I’ve been testing this for months. Not benchmarks, real work.

Summarising documents, drafting emails, analysing CSV files, explaining code, translating text, and extracting data from messy unstructured content. All of that works well locally. The output isn’t perfect every time, but it’s good enough for tasks where you’re going to review the result anyway.

Where I still reach for Claude is complex multi step reasoning, long form content that needs to be genuinely well written, nuanced architectural decisions in code, and anything that requires current information since local models have knowledge cutoffs. If being 95% right isn’t good enough, the local model isn’t the answer yet.

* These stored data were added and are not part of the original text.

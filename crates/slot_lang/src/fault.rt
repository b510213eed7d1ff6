//! Why tokens aren't a body.

ghost use Rattle.std.specs.Prelude.{◌≡◌};
ghost use Rattle.slot_lang.specs.Reads.{number_of};

use thiserror::Error;
use token_reading::ParseFault;

/// Why tokens aren't a slot's body.
#[derive(Debug, Drop, Error)]
pub enum BodyFault {
    /// The tokens aren't in the grammar.
    #[error("the tokens aren't in the grammar")]
    Syntax,
    /// A reference isn't const.
    #[error("a reference that isn't const")]
    BadType,
    /// A signature has more than 8 types.
    #[error("more than 8 parameters")]
    TooMany,
    /// A growth of memory was refused.
    #[error("out of memory")]
    Memory,
}

impl From<ParseFault> for BodyFault {
    ghost use Rattle.std.specs.Prelude.{◌≡◌};
    ghost use Rattle.slot_lang.specs.code.Faults.{fault_of_parsing};

    ghost from_gives = { λ fault made. made ≡ fault_of_parsing fault };

    fn from(fault: ParseFault) -> BodyFault {
        match fault {
            ParseFault::Syntax => BodyFault::Syntax,
            ParseFault::Memory => BodyFault::Memory,
        }
    }
}

impl BodyFault {
    /// The refusal's number; running out of memory has none.
    pub fn number(&self) -> Option<u8>
        ensures { result ≡ number_of self.now }
    {
        match self {
            BodyFault::Syntax => Some(5),
            BodyFault::BadType => Some(2),
            BodyFault::TooMany => Some(3),
            BodyFault::Memory => None,
        }
    }
}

For most of what people use ChatGPT for on a daily basis, Gemma 4 31B running locally will give you comparable results. The difference is that your data stays on your machine and it costs you nothing.

Get started in 5 minutes

Install Ollama:

curl -fsSL https://ollama.com/install.sh | sh

Pull and run Gemma 4:

ollama run gemma4

Start chatting. Your data stays on your machine.

If you want better quality, run ollama run gemma4:31b instead, but you’ll need 20GB+ of RAM. If you prefer a visual interface, grab LM Studio and search for Gemma 4 in the model browser.

The model downloads once and runs forever. No subscription, no API key, no account required. Just your machine and your data, exactly where both should be.